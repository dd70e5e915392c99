//! Places in a line are counted from 0: a column is one more. What fits nothing is told by the place of its first byte.
ghost use Rattle.std.specs.Prelude.{◌≡◌, suc, ◌≤◌, ◌<◌, length, drop, get_or};
ghost use Rattle.rules.specs.Grammar.{spellFrom};
ghost use Rattle.text_scan.specs.Scanned.{Skipped, spelt, HexAt, Escaped, Goes};
ghost use Rattle.text_scan.specs.Names.{NameScanned};
ghost use Rattle.text_scan.specs.Numbers.{DigitAt, NumberScanned};

use super::{hex_of, is_blank};
use text_spell::is_plain;

/// What stands for all larger numbers: 2 ^ 31, which no exponent reaches.
const CAP: u64 = 2147483648;

/// A name that was read: where it ends, and how many bytes it has.
#[derive(Clone, Copy)]
pub struct Name {
    pub end: usize,
    pub size: usize,
}

/// A number that was read: where its digits end, and its value, in which 2,147,483,648 stands for all that is larger.
#[derive(Clone, Copy)]
pub struct Number {
    pub end: usize,
    pub value: u64,
}

/// A byte of a name, and the place behind all that it is written by.
#[derive(Clone, Copy)]
pub struct Letter {
    pub byte: u8,
    pub end: usize,
}

/// The place of the next sign: behind blanks.
pub fn skip_blanks(line: &[u8], at: usize) -> usize
    requires { at ≤ length line.now }
    ensures { Skipped line.now at result }
{
    for i in at..line.len() {
        if !is_blank(line[i]) {
            return i;
        }
    }
    line.len()
}

/// The end of a sign whose bytes stand at a place, with nothing between them.
pub fn spell(line: &[u8], at: usize, sign: &[u8]) -> Result<usize, usize>
    requires { at ≤ length line.now }
    ensures { spelt line.now result ≡ spellFrom sign.now (suc at) (drop at line.now) }
{
    let mut i = at;
    for b in sign {
        if line.len() <= i {
            return Err(i);
        }
        if line[i] != *b {
            return Err(i);
        }
        i += 1;
    }
    Ok(i)
}

/// The value of the hex digit at a place.
fn hex_at(line: &[u8], at: usize) -> Result<u8, usize>
    ensures { HexAt line.now at result }
{
    if line.len() <= at {
        return Err(at);
    }
    match hex_of(line[at]) {
        Some(h) => Ok(h),
        None => Err(at),
    }
}

/// The byte of a name that is written as a backslash and two hex digits.
fn escape_at(line: &[u8], at: usize) -> Result<Letter, usize>
    requires within { at < length line.now }
    requires backslash { get_or line.now at 0 ≡ 92 }
    ensures { Escaped line.now at result }
{
    let high = hex_at(line, at + 1)?;
    let low = hex_at(line, at + 2)?;
    Ok(Letter {
        byte: high * 16 + low,
        end: at + 3,
    })
}

/// What a name goes on with at a place, if it goes on.
pub fn letter_at(line: &[u8], at: usize) -> Result<Option<Letter>, usize>
    requires { at ≤ length line.now }
    ensures { Goes line.now at result }
{
    if at == line.len() {
        return Ok(None);
    }
    let byte = line[at];
    if is_plain(byte) {
        return Ok(Some(Letter { byte, end: at + 1 }));
    }
    if byte != b'\\' {
        return Ok(None);
    }
    let letter = escape_at(line, at)?;
    Ok(Some(letter))
}

/// Reads the name that begins at a place; its bytes go to the front of a buffer, as far as that goes.
pub fn scan_name(line: &[u8], at: usize, dst: &mut [u8]) -> Result<Name, usize>
    requires { at ≤ length line.now }
    ensures { NameScanned line.now at dst.old dst.new result }
{
    let mut end = at;
    let mut size = 0;
    while let Some(letter) = letter_at(line, end)? {
        if size < dst.len() {
            dst[size] = letter.byte;
        }
        end = letter.end;
        size += 1;
    }
    Ok(Name { end, size })
}

/// The value of the digit at a place, if there is one.
#[tactic(auto, unfolding(rules::specs::Grammar::isDigit))]
fn digit_at(line: &[u8], at: usize) -> Option<u64>
    ensures { DigitAt line.now at result }
{
    if line.len() <= at {
        return None;
    }
    let b = line[at];
    if !b.is_ascii_digit() {
        return None;
    }
    Some(u64::from(b - b'0'))
}

/// Reads the digits that begin at a place.
pub fn scan_digits(line: &[u8], at: usize) -> Result<Number, usize>
    requires { at ≤ length line.now }
    ensures { NumberScanned line.now at result }
{
    let Some(mut value) = digit_at(line, at) else {
        return Err(at);
    };
    let mut end = at + 1;
    while let Some(d) = digit_at(line, end) {
        value = (value * 10 + d).min(CAP);
        end += 1;
    }
    Ok(Number { end, value })
}
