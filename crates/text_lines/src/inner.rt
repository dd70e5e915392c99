//! A line: its constraint's record is counted at its first sign, and written when its types are there.
ghost use Rattle.std.specs.Prelude.{◌≡◌, ◌<◌, Ok, length};
ghost use Rattle.rules.specs.Grammar.{ascii, spell, typed, hasField, constraint, signsAt};
ghost use Rattle.laws.specs.NameTable.{Good};
ghost use Rattle.text_grammar.specs.declared.inner.Point.TheVariants as point;
ghost use Rattle.text_grammar.specs.Points.{PointIn, Reads, Any};
ghost use Rattle.text_names.specs.Effects.{lent, Room, Ready, Done};
ghost use Rattle.text_types.specs.Entering.{lentBy, ReadyIn, SameBuffers};
ghost use Rattle.text_lines.specs.Statements.{end_of, SaysScalar, stated, meantOf, LineTold, LineDone, ConEntered, LineEntered};
ghost use Rattle.text_lines.specs.Answers.{standIn, countIn, answer_of};

use records::View;
use rules::{NESTED, Refusal};
use text_grammar::inner::{Point, byte_at, mark, next_is, next_sign, refuse, sign};
use text_names::inner::naming::read_named;
use text_names::inner::{At, Reached, Stand, Tally, count, place_of, put_head};
use text_types::inner::Buffers;
use text_types::inner::nested::enter_type;

/// What a line that was read brought a sheet to, and how many constraints the line had: 0 or 1.
#[derive(Clone, Copy)]
pub struct Line {
    pub tally: Tally,
    pub constraints: usize,
}

/// Where a line is read to and how the sheet stands then, and how many constraints the line had.
#[derive(Clone, Copy)]
pub struct Stated {
    pub end: Reached,
    pub count: usize,
}

/// The quote right behind a name.
fn quote(line: &[u8], p: Point) -> Point
    requires { PointIn line.now p }
    ensures { Reads line.now p (spell (ascii "\"")) Any result }
{
    let Point::At(i) = p else {
        return p;
    };
    if i < line.len() && line[i] == b'"' {
        Point::At(i + 1)
    } else {
        Point::Bad(i)
    }
}

/// The end of a line; the first byte of what else follows fits nothing.
fn end_at(line: &[u8], p: Point) -> Point
    requires { PointIn line.now p }
    ensures { end_of line.now p result }
{
    match p {
        Point::At(i) if i < line.len() => Point::Bad(i),
        _ => p,
    }
}

/// Is this byte "=", and did a dimension begin at q?
fn says_scalar(line: &[u8], q: Point, b: u8) -> bool
    requires { PointIn line.now q }
    ensures { SaysScalar line.now q b result }
{
    b == b'=' && next_is(line, q, b'[')
}

/// A type, and what the line says of it: that it equals another, is a dimension, or is scalar.
fn enter_typed(line: &[u8], from: Reached, buffers: &mut Buffers) -> Reached
    requires { ReadyIn line.now from buffers.old }
    ensures done { ConEntered line.now typed from buffers.old result buffers.new }
    ensures same { SameBuffers buffers.old buffers.new }
{
    let q = next_sign(line, from.at);
    let stand = count(1, place_of(q), from.stand);
    let l = enter_type(line, Reached { at: q, stand }, NESTED, buffers);
    let e = next_sign(line, l.at);
    let b = byte_at(line, e);
    if b == b'~' {
        let at = mark(line, e, b'~');
        let t = enter_type(line, Reached { at, ..l }, NESTED, buffers);
        put_head(View::Equal, from.stand, t.stand, buffers.dst);
        return t;
    }
    if b == b':' {
        let m = mark(line, e, b':');
        let at = sign(line, m, b"DType");
        put_head(View::IsDim, from.stand, l.stand, buffers.dst);
        return Reached { at, ..l };
    }
    if says_scalar(line, q, b) {
        let m = mark(line, e, b'=');
        let at = sign(line, m, b"Scalar");
        put_head(View::IsScalar, from.stand, l.stand, buffers.dst);
        return Reached { at, ..l };
    }
    let at = refuse(e);
    Reached { at, ..l }
}

/// A field that a type has.
fn enter_has_field(line: &[u8], from: Reached, buffers: &mut Buffers) -> Reached
    requires { ReadyIn line.now from buffers.old }
    ensures done { ConEntered line.now hasField from buffers.old result buffers.new }
    ensures same { SameBuffers buffers.old buffers.new }
{
    let q = next_sign(line, from.at);
    let stand = count(1, place_of(q), from.stand);
    let a = sign(line, q, b"HasField");
    let b = mark(line, a, b'(');
    let l = enter_type(line, Reached { at: b, stand }, NESTED, buffers);
    let d = mark(line, l.at, b',');
    let e = mark(line, d, b'"');
    let x = read_named(line, Reached { at: e, ..l }, buffers.pool, buffers.table);
    let g = quote(line, x.end.at);
    let f = mark(line, g, b',');
    let t = enter_type(line, Reached { at: f, ..x.end }, NESTED, buffers);
    let at = mark(line, t.at, b')');
    put_head(View::HasField(x.number), from.stand, t.stand, buffers.dst);
    Reached { at, ..t }
}

/// What a line states, by its first byte.
fn enter_stated(line: &[u8], from: Reached, buffers: &mut Buffers) -> Reached
    requires { ReadyIn line.now from buffers.old }
    ensures done { ConEntered line.now stated from buffers.old result buffers.new }
    ensures same { SameBuffers buffers.old buffers.new }
{
    if next_is(line, from.at, b'H') {
        return enter_has_field(line, from, buffers);
    }
    enter_typed(line, from, buffers)
}

/// A constraint up to the end of its line.
fn enter_constraint(line: &[u8], from: Reached, buffers: &mut Buffers) -> Reached
    requires { ReadyIn line.now from buffers.old }
    ensures done { LineEntered line.now constraint 1 from buffers.old result buffers.new }
    ensures same { SameBuffers buffers.old buffers.new }
{
    let c = enter_stated(line, from, buffers);
    let e = next_sign(line, c.at);
    let at = end_at(line, e);
    Reached { at, ..c }
}

/// A line with a first sign: a comment or a constraint.
fn enter_from(line: &[u8], i: usize, stand: Stand, buffers: &mut Buffers) -> Stated
    requires within { i < length line.now }
    requires ready { Ready line.now (point.At i) buffers.old.pool.now buffers.old.table.now stand }
    ensures done { Done line.now signsAt meantOf (LineTold result.count) (point.At i) (lentBy buffers.old stand)
        result.end.at (lentBy buffers.new result.end.stand) }
    ensures same { SameBuffers buffers.old buffers.new }
{
    let p = Point::At(i);
    if next_is(line, p, b'-') {
        let at = sign(line, p, b"--");
        return Stated {
            end: Reached { at, stand },
            count: 0,
        };
    }
    let end = enter_constraint(line, Reached { at: p, stand }, buffers);
    Stated { end, count: 1 }
}

/// A line from its first sign, if it has one.
fn enter_signs(line: &[u8], from: Reached, buffers: &mut Buffers) -> Stated
    requires { ReadyIn line.now from buffers.old }
    ensures done { LineEntered line.now signsAt result.count from buffers.old result.end buffers.new }
    ensures same { SameBuffers buffers.old buffers.new }
{
    match from.at {
        Point::At(i) if i < line.len() => enter_from(line, i, from.stand, buffers),
        _ => Stated {
            end: from,
            count: 0,
        },
    }
}

/// Outside the grammar 12, whatever was refused; else how the sheet stands.
fn answer(end: Reached, constraints: usize) -> Result<Line, At>
    ensures { result ≡ answer_of end.at end.stand constraints }
{
    if let Point::Bad(at) = end.at {
        return Err(At {
            why: Refusal::NotGrammar,
            at,
        });
    }
    let tally = end.stand?;
    Ok(Line { tally, constraints })
}

/// Reads a line and enters what it says into a sheet that has come to a tally. Of a line that is refused, names may have gone into the table and
/// records into the buffer: the sheet puts back what counts.
pub fn read_line(
    line: &[u8],
    tally: Tally,
    pool: &mut [u8],
    table: &mut [u32],
    dst: &mut [u32],
) -> Result<Line, At>
    requires good { Good pool.old table.old }
    requires room { Room table.old tally.names tally.records }
    ensures { LineDone line.now (lent pool.old table.old dst.old (Ok tally)) (lent pool.new table.new dst.new (standIn result)) (countIn result) }
{
    let at = next_sign(line, Point::At(0));
    let stand = Ok(tally);
    let mut buffers = Buffers { pool, table, dst };
    let stated = enter_signs(line, Reached { at, stand }, &mut buffers);
    answer(stated.end, stated.count)
}
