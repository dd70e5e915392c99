//! A line of a sheet, read from left to right: blanks, signs, names and numbers.
#![tactic(auto)]

ghost use Rattle.std.specs.Prelude.{◌≡◌};
ghost use Rattle.rules.specs.Grammar.{isBlank, hexOf};
ghost use Rattle.rules.specs.Refusals.{toldOption};

pub mod inner;

/// Is this byte a blank? A line feed isn't: it ends a line.
#[tactic(auto, unfolding(rules::specs::Grammar::isBlank))]
pub fn is_blank(b: u8) -> bool
    ensures { result ≡ isBlank b }
{
    matches!(b, b' ' | b'\t' | b'\r')
}

/// A hex digit's value, in either case.
#[tactic(auto, unfolding(rules::specs::Grammar::hexOf, rules::specs::Grammar::isDigit))]
pub fn hex_of(b: u8) -> Option<u8>
    ensures { toldOption result ≡ hexOf b }
{
    match b {
        b'0'..=b'9' => Some(b - b'0'),
        b'A'..=b'F' => Some(b - b'A' + 10),
        b'a'..=b'f' => Some(b - b'a' + 10),
        _ => None,
    }
}
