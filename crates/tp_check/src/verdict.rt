use thiserror::Error;

/// Why an entry is illegal after those before it. Of several causes it is the first one here.
#[derive(Clone, Copy, Debug, PartialEq, Eq, Error)]
pub enum EntryCause {
    /// The actor isn't one of the script's shape and sessions.
    #[error("stranger")]
    Stranger,
    /// The actor's site has crashed.
    #[error("dead")]
    Dead,
    /// No earlier entry sent a message at that place.
    #[error("message")]
    Message,
    /// That message goes to another actor.
    #[error("addressee")]
    Addressee,
    /// The plan has it otherwise: a line is due, or none is; or of that message nothing is left.
    #[error("plan")]
    Plan,
    /// The actor may not make this step of its own now.
    #[error("notenabled")]
    NotEnabled,
    /// The messages sent aren't those of the rules: this is the first place, from 1, at which they
    /// differ.
    #[error("outputs {place}")]
    Outputs { place: u64 },
}

/// What a check finds.
#[derive(Clone, Copy, Debug, PartialEq, Eq)]
pub enum Verdict {
    /// The journal is a run of the script, of so many entries.
    Run { entries: u64 },
    /// It is none: the first illegal entry, numbered from 1, and why.
    No { entry: u64, cause: EntryCause },
}
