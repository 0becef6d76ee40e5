ghost use Rattle.std.specs.Prelude.{◌↔◌};
ghost use Rattle.tp_check.specs.Verdicts.{HasNoCause};
ghost use Rattle.tp_rules.specs.Runs.{IsRun};

use tp_rules::Entries;
use tp_script::Script;

/// A journal is a run of a script exactly where none of its entries has a cause to be illegal.
pub fn law_causes(script: &Script, entries: &Entries)
    ensures { IsRun script.now entries.now ↔ HasNoCause script.now entries.now }
{}
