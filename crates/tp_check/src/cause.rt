ghost use Rattle.std.specs.Prelude.{◌≡◌, ◌↔◌, ◌++◌, ◌∷◌, [], List, None, reverse, IfOk, IfSome, IsTrue};
ghost use Rattle.tp_base.specs.Names.{same_name};
ghost use Rattle.tp_check.specs.Causes.{IsCause};
ghost use Rattle.tp_check.specs.Steps.{IsAble, IsAllowed, message_flaw, output_flaw};
ghost use Rattle.tp_driver.specs.Cast.{AllStand};
ghost use Rattle.tp_netbook.specs.Ledger.{IsLedger};
ghost use Rattle.tp_rules.specs.Acts.{Act};
ghost use Rattle.tp_rules.specs.Journal.{is_known, output_at};
ghost use Rattle.tp_rules.specs.Runs.{IsLegal, IsRun};
ghost use Rattle.tp_script.specs.Accepted.{IsAccepted};

use crate::same::difference;
use crate::verdict::EntryCause;
use std::alloc::Global;
use tp_base::{ActorName, NoMemory};
use tp_driver::act;
use tp_journal::output;
use tp_netbook::{Ledger, place_of};
use tp_rules::{Actor, Entry, Event, Inner, Item};
use tp_script::Script;
use tp_wire::Message;

/// The cause of an entry after some others, if it has one. Else its actor has made the step.
pub(crate) fn cause_of<A: Actor>(
    alloc: Global,
    script: &Script,
    earlier: &[Entry],
    ledger: &Ledger,
    actors: &mut [A],
    entry: &Entry,
) -> Result<Option<EntryCause>, NoMemory>
    requires accepted { IsAccepted script.now }
    requires run { IsRun script.now earlier.now }
    requires ledger { IsLedger script.now earlier.now ledger.now }
    requires cast { AllStand A.identity_of A.is_spent A.stands script.now actors.old earlier.now }
    ensures cause { IfOk result (λ cause. IfSome cause (IsCause script.now (reverse earlier.now) entry.now)) }
    ensures legal { IfOk result (λ cause. cause ≡ None → IsLegal script.now (reverse earlier.now) entry.now) }
    ensures cast { IfOk result (λ cause. cause ≡ None
        → AllStand A.identity_of A.is_spent A.stands script.now actors.new (earlier.now ++ entry.now ∷ [])) }
{
    if let Some(cause) = step_flaw(script, earlier, ledger, actors, entry) {
        return Ok(Some(cause));
    }
    let item = Item {
        actor: entry.actor,
        event: entry.event,
    };
    let outputs = act(alloc, script, earlier, actors, item)?;
    match difference(entry.outputs.as_slice(), outputs.as_slice()) {
        Some(place) => Ok(Some(EntryCause::Outputs { place })),
        None => Ok(None),
    }
}

/// The cause for which the step of an entry may not come now, whatever it sends.
fn step_flaw<A: Actor>(
    script: &Script,
    earlier: &[Entry],
    ledger: &Ledger,
    actors: &[A],
    entry: &Entry,
) -> Option<EntryCause>
    requires ledger { IsLedger script.now earlier.now ledger.now }
    requires cast { AllStand A.identity_of A.is_spent A.stands script.now actors.now earlier.now }
    ensures cause { IfSome result (IsCause script.now (reverse earlier.now) entry.now) }
    ensures allowed { result ≡ None → IsAllowed script.now (reverse earlier.now) entry.now }
{
    if !is_known(script, entry.actor) {
        return Some(EntryCause::Stranger);
    }
    if !ledger.is_live(entry.actor) {
        return Some(EntryCause::Dead);
    }
    if let Some(cause) = message_flaw(earlier, entry) {
        return Some(cause);
    }
    let home = place_of(script, entry.actor);
    prove!(home < actors.len());
    if !ledger.follows_plan(entry) {
        return Some(EntryCause::Plan);
    }
    if !is_able(&actors[home], entry.event) {
        return Some(EntryCause::NotEnabled);
    }
    None
}

/// Whether an actor is one of the script's.
fn is_known(script: &Script, actor: ActorName) -> bool
    ensures { result ≡ is_known script.now actor }
{
    match actor {
        ActorName::Process(site) | ActorName::Executor(site) => script.topology.has_site(site),
        ActorName::Session(session) => {
            1 <= session.0 && usize::from(session.0) <= script.homes.len()
        }
    }
}

/// What is wrong with the message that an entry delivers or loses.
fn message_flaw(earlier: &[Entry], entry: &Entry) -> Option<EntryCause>
    ensures { result ≡ message_flaw (reverse earlier.now) entry.now.actor entry.now.event }
{
    match entry.event {
        Event::Deliver {
            entry: sender,
            place,
        } => output_flaw(earlier, sender, place, entry.actor),
        Event::Dropped {
            entry: sender,
            place,
        } => output_flaw(earlier, sender, place, entry.actor),
        Event::Inner(_) => None,
    }
}

fn output_flaw(earlier: &[Entry], sender: u64, place: u64, actor: ActorName) -> Option<EntryCause>
    ensures { result ≡ output_flaw actor (output_at (reverse earlier.now) sender place) }
{
    let Some(message) = output(earlier, sender, place) else {
        return Some(EntryCause::Message);
    };
    if is_to(message, actor) {
        None
    } else {
        Some(EntryCause::Addressee)
    }
}

fn is_to(message: &Message, actor: ActorName) -> bool
    ensures { result ≡ same_name message.now.to actor }
{
    message.to == actor
}

/// Whether an actor may make a step of its own, but for those that the plan asks for.
fn is_able<A: Actor>(actor: &A, event: Event) -> bool
    ensures { (acts : List Act) → A.stands actor.now acts
        → IsTrue result ↔ IsAble (A.identity_of actor.now) acts event }
{
    match event {
        Event::Deliver { .. } | Event::Dropped { .. } => true,
        Event::Inner(Inner::Recover(_) | Inner::Crash) => true,
        Event::Inner(inner) => actor.next_inner() == Some(inner),
    }
}
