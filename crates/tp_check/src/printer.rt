ghost use Rattle.std.specs.Prelude.{◌≡◌, IfOk, OnOk};
ghost use Rattle.tp_check.specs.Print.{cause_words, text_of, verdict_words};
ghost use Rattle.tp_text.specs.Writing.{ended, with_words};

use crate::verdict::{EntryCause, Verdict};
use std::alloc::Global;
use tp_base::{Bytes, NoMemory};
use tp_text::Text;

/// A verdict's line: `yes` and the number of entries, or `no`, the illegal entry and its cause.
pub fn print_verdict(alloc: Global, verdict: Verdict) -> Result<Bytes, NoMemory>
    ensures { IfOk result (λ text. text ≡ text_of verdict) }
{
    let mut text = Text::new(alloc);
    put_verdict(&mut text, verdict)?;
    Ok(text.finish())
}

fn put_verdict(text: &mut Text, verdict: Verdict) -> Result<(), NoMemory>
    ensures { OnOk result (text.new ≡ ended (with_words text.old (verdict_words verdict))) }
{
    match verdict {
        Verdict::Run { entries } => {
            text.word(b"yes")?;
            text.number(entries)?;
        }
        Verdict::No { entry, cause } => {
            text.word(b"no")?;
            text.number(entry)?;
            put_cause(text, cause)?;
        }
    }
    text.end_line()
}

fn put_cause(text: &mut Text, cause: EntryCause) -> Result<(), NoMemory>
    ensures { OnOk result (text.new ≡ with_words text.old (cause_words cause)) }
{
    match cause {
        EntryCause::Stranger => text.word(b"stranger"),
        EntryCause::Dead => text.word(b"dead"),
        EntryCause::Message => text.word(b"message"),
        EntryCause::Addressee => text.word(b"addressee"),
        EntryCause::Plan => text.word(b"plan"),
        EntryCause::NotEnabled => text.word(b"notenabled"),
        EntryCause::Outputs { place } => {
            text.word(b"outputs")?;
            text.number(place)
        }
    }
}
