//! The fates that a plan gives to outputs, by their numbers on their routes, and what is left of each
//! output: its deliveries, or its loss.
#![tactic(auto)]

mod deliveries;
mod fate;
mod route;

pub use deliveries::{Deliveries, Left, Slot};
pub use fate::{Fate, Fates};
pub use route::{Route, Routes};
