//! Checks a journal that is given: it is a run of the script, or its first illegal entry and the cause.
#![tactic(auto)]

mod cause;
mod checker;
mod laws;
mod printer;
mod same;
mod verdict;

pub use checker::check;
pub use laws::law_causes;
pub use printer::print_verdict;
pub use verdict::{EntryCause, Verdict};
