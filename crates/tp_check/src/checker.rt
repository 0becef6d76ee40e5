ghost use Rattle.std.specs.Prelude.{◌≡◌, ◌↔◌, [], IfOk};
ghost use Rattle.tp_check.specs.Verdicts.{IsVerdict, SaysRun};
ghost use Rattle.tp_driver.specs.Cast.{AllStand};
ghost use Rattle.tp_rules.specs.Runs.{IsRun};
ghost use Rattle.tp_script.specs.Accepted.{IsAccepted};

use crate::cause::cause_of;
use crate::verdict::Verdict;
use std::alloc::Global;
use tp_base::NoMemory;
use tp_cast::cast;
use tp_netbook::Ledger;
use tp_rules::{Actor, Entries};
use tp_script::Script;

/// Whether a journal is a run of a script, and else its first illegal entry with the cause. It makes
/// the script's actors, and lets them make each step.
pub fn check(alloc: Global, script: &Script, entries: &Entries) -> Result<Verdict, NoMemory>
    requires accepted { IsAccepted script.now }
    ensures verdict { IfOk result (IsVerdict script.now entries.now) }
    ensures exact { IfOk result (λ verdict. SaysRun verdict ↔ IsRun script.now entries.now) }
{
    let mut actors = cast(alloc, script)?;
    replay(alloc, script, entries, actors.as_mut_slice())
}

/// Lets the actors make the steps of a journal, up to its first illegal entry.
fn replay<A: Actor>(
    alloc: Global,
    script: &Script,
    entries: &Entries,
    actors: &mut [A],
) -> Result<Verdict, NoMemory>
    requires accepted { IsAccepted script.now }
    requires cast { AllStand A.identity_of A.is_spent A.stands script.now actors.old [] }
    ensures verdict { IfOk result (IsVerdict script.now entries.now) }
    ensures exact { IfOk result (λ verdict. SaysRun verdict ↔ IsRun script.now entries.now) }
{
    let mut ledger = Ledger::new(alloc, script)?;
    let journal = entries.as_slice();
    for k in 0..journal.len() {
        let entry = &journal[k];
        let cause = cause_of(alloc, script, &journal[..k], &ledger, actors, entry)?;
        if let Some(cause) = cause {
            return Ok(Verdict::No {
                entry: k as u64 + 1,
                cause,
            });
        }
        ledger.entered(entry)?;
    }
    Ok(Verdict::Run {
        entries: journal.len() as u64,
    })
}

◇ ◇ ◇

▶ TASK DETAILS
Identify how many lines in the entries above contain the word "illegal" and provide only that figure.

▶ RESPONSE BOX
7